====== Records to process
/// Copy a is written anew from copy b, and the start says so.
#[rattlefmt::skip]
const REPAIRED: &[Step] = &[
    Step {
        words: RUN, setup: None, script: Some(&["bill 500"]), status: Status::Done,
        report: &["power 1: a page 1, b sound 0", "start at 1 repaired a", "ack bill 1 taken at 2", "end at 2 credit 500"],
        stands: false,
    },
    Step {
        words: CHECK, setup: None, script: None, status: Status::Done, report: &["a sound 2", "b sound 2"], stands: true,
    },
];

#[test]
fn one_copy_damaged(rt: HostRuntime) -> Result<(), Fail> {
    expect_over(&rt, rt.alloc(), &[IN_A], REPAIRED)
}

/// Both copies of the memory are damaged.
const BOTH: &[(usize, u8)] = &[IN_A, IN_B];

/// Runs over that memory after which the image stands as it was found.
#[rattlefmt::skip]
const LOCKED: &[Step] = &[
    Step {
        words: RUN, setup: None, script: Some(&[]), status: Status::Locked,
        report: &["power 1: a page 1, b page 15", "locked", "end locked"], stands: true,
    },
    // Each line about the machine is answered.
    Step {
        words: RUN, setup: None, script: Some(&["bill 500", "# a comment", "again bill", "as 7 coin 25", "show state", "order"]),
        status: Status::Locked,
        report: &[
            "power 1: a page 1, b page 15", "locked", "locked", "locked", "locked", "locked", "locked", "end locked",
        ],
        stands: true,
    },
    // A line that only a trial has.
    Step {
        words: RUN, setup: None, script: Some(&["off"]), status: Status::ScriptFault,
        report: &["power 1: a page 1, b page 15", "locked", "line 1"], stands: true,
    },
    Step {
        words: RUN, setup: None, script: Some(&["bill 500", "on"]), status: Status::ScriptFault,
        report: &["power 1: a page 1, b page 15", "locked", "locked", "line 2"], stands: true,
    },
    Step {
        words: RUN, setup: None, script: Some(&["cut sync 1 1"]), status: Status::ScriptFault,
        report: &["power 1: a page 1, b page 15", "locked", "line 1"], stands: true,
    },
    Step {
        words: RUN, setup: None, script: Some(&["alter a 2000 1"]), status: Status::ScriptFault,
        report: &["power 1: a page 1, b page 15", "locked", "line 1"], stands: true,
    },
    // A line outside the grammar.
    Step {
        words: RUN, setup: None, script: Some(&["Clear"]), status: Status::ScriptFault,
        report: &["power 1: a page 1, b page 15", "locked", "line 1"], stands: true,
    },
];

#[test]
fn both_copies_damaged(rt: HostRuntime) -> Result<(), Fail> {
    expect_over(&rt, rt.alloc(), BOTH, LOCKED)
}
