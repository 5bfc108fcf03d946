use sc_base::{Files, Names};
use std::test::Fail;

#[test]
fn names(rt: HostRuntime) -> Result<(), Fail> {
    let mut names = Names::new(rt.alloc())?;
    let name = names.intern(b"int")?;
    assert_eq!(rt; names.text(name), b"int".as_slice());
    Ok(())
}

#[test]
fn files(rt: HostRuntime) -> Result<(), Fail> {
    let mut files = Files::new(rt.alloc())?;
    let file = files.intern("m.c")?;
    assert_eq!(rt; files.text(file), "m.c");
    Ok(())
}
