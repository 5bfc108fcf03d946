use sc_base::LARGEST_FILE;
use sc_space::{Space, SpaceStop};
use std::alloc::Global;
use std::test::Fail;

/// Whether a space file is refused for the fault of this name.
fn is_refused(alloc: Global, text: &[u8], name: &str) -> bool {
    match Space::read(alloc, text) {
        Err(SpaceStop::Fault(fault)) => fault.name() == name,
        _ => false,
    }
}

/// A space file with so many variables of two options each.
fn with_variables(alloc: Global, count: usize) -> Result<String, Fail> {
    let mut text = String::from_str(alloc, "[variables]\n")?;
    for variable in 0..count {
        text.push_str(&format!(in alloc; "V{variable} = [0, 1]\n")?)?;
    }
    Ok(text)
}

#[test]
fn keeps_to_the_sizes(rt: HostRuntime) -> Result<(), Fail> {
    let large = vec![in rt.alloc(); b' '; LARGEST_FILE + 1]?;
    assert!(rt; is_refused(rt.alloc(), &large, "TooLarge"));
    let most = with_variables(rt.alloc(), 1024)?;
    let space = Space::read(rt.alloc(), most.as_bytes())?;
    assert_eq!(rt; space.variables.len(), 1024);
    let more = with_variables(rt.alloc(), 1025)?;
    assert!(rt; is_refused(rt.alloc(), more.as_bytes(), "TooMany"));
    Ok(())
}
============
====== Records to process
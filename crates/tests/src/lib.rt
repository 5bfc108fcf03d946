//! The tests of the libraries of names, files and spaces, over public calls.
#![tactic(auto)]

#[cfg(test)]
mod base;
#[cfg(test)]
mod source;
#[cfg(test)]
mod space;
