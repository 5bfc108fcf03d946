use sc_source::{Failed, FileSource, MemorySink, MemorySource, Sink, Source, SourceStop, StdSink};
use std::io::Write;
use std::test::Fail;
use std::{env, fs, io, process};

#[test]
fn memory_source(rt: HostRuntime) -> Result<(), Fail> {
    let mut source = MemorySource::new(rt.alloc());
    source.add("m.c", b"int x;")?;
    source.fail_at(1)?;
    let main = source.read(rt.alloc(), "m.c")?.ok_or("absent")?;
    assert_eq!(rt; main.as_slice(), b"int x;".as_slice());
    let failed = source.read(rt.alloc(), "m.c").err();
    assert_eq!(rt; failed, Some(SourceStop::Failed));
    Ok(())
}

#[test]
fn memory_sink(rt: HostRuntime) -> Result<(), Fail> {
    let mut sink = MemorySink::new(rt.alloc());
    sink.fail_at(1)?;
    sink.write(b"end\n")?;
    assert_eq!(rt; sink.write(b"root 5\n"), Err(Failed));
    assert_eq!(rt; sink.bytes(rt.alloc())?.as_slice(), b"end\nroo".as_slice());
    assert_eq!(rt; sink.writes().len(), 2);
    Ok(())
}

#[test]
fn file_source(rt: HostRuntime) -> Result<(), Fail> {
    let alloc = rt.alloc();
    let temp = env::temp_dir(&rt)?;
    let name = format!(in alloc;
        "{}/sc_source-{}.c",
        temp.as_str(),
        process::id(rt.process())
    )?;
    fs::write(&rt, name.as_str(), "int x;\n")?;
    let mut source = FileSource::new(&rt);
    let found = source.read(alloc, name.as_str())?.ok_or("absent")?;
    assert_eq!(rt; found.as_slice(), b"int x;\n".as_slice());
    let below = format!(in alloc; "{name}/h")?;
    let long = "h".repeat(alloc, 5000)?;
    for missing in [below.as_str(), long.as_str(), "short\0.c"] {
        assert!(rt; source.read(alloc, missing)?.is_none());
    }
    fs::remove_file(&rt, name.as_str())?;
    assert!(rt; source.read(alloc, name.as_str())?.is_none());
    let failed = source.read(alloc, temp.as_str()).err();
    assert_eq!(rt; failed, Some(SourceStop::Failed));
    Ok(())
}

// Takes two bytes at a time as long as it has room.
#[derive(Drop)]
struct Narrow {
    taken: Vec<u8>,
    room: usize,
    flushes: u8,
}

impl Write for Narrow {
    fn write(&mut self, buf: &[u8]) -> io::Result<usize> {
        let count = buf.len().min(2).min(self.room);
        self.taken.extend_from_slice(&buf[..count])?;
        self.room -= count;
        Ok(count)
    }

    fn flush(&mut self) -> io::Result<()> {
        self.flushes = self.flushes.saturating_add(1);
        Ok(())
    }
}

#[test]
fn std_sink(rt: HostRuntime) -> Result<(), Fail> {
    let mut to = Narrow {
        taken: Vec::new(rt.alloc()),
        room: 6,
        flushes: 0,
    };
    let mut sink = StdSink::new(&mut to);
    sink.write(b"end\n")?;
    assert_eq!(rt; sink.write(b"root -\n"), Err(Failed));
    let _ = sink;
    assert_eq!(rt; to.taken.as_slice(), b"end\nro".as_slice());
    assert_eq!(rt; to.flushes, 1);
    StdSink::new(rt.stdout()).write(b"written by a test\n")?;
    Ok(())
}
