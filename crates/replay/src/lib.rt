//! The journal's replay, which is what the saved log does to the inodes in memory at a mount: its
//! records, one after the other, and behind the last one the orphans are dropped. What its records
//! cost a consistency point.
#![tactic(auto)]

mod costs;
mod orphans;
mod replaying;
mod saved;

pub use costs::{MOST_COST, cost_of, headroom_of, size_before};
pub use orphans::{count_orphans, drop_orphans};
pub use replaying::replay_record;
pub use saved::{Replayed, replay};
============
====== Records to process
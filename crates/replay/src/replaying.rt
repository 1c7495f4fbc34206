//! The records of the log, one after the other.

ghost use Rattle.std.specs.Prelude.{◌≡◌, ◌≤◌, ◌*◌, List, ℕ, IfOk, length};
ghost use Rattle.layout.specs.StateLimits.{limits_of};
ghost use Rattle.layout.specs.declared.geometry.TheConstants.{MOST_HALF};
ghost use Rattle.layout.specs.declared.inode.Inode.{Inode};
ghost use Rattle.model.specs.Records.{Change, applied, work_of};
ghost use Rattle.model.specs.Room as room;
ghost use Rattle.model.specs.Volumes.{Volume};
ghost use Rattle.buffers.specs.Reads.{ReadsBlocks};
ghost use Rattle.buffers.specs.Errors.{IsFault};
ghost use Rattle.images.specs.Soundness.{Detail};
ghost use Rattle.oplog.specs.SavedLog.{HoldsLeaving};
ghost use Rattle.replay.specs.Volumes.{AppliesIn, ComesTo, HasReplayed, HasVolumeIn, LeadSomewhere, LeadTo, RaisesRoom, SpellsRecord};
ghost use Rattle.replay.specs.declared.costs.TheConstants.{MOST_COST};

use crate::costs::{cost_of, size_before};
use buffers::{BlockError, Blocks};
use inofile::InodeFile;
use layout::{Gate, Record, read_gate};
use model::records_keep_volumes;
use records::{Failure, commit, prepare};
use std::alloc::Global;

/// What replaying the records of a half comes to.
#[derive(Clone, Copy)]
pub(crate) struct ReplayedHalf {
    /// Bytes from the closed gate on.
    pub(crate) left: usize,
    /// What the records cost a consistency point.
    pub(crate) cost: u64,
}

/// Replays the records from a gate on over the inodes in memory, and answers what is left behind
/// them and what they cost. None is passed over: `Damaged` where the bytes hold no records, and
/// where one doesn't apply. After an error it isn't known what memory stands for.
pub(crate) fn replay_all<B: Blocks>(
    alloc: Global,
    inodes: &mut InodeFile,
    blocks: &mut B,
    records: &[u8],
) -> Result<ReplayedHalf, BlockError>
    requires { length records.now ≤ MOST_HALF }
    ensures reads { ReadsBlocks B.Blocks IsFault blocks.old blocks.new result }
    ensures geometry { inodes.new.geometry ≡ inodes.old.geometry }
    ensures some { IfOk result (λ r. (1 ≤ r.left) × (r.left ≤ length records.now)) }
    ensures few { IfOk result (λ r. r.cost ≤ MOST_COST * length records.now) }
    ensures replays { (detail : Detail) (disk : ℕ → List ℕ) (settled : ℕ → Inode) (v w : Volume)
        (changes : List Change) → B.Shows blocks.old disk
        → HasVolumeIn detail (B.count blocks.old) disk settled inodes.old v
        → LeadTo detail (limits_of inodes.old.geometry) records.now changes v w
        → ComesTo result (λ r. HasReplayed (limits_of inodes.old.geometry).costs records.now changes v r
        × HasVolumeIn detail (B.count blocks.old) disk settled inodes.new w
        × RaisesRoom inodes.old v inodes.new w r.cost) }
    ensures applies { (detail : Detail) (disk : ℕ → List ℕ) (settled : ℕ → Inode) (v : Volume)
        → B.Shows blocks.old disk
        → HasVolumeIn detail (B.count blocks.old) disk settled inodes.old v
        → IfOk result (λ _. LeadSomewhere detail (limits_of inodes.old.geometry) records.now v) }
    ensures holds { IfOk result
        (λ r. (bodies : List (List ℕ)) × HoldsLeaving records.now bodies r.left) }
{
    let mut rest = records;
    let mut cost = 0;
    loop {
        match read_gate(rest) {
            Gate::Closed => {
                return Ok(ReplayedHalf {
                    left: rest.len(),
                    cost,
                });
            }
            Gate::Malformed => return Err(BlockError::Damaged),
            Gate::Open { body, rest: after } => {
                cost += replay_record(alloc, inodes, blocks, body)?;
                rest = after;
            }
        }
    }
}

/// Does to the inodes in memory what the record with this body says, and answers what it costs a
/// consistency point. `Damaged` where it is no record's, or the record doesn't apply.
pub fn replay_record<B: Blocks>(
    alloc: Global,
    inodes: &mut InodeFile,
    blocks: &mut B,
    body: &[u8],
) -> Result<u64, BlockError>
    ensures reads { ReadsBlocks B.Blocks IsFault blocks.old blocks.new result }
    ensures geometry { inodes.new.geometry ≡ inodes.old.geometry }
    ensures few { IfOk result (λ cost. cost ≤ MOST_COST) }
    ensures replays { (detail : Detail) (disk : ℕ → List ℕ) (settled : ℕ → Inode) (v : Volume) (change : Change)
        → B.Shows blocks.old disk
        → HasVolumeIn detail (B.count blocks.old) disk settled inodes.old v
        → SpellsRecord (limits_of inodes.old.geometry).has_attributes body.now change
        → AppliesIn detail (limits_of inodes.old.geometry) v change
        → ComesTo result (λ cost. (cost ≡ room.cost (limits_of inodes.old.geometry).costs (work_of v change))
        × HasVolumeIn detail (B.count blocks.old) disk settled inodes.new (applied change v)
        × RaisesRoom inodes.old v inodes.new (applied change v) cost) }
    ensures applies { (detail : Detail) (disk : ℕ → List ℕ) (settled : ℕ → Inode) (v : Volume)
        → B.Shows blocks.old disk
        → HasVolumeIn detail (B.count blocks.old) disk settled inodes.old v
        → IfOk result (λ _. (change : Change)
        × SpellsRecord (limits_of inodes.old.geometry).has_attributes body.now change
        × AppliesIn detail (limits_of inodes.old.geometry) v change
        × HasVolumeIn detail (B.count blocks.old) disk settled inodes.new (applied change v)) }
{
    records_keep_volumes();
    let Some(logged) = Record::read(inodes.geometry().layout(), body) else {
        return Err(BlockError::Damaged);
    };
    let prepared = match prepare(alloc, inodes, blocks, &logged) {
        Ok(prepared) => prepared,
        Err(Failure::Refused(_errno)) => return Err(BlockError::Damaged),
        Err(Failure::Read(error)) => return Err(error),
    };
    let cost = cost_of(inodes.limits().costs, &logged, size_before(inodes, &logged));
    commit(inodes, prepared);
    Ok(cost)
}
============
- **Activity**: Scan the entries above for the line containing "v inodes.new (applied", and copy it and all lines after it exactly, down to and including the line containing "Err(Failure::Refused(_errno)) => return".

- **Answer box**:
        × RaisesRoom inodes.old v inodes.new (applied change v) cost) }
    ensures applies { (detail : Detail) (disk : ℕ → List ℕ) (settled : ℕ → Inode) (v : Volume)
        → B.Shows blocks.old disk
        → HasVolumeIn detail (B.count blocks.old) disk settled inodes.old v
        → IfOk result (λ _. (change : Change)
        × SpellsRecord (limits_of inodes.old.geometry).has_attributes body.now change
        × AppliesIn detail (limits_of inodes.old.geometry) v change
        × HasVolumeIn detail (B.count blocks.old) disk settled inodes.new (applied change v)) }
{
    records_keep_volumes();
    let Some(logged) = Record::read(inodes.geometry().layout(), body) else {
        return Err(BlockError::Damaged);
    };
    let prepared = match prepare(alloc, inodes, blocks, &logged) {
        Ok(prepared) => prepared,
        Err(Failure::Refused(_errno)) => return Err(BlockError::Damaged),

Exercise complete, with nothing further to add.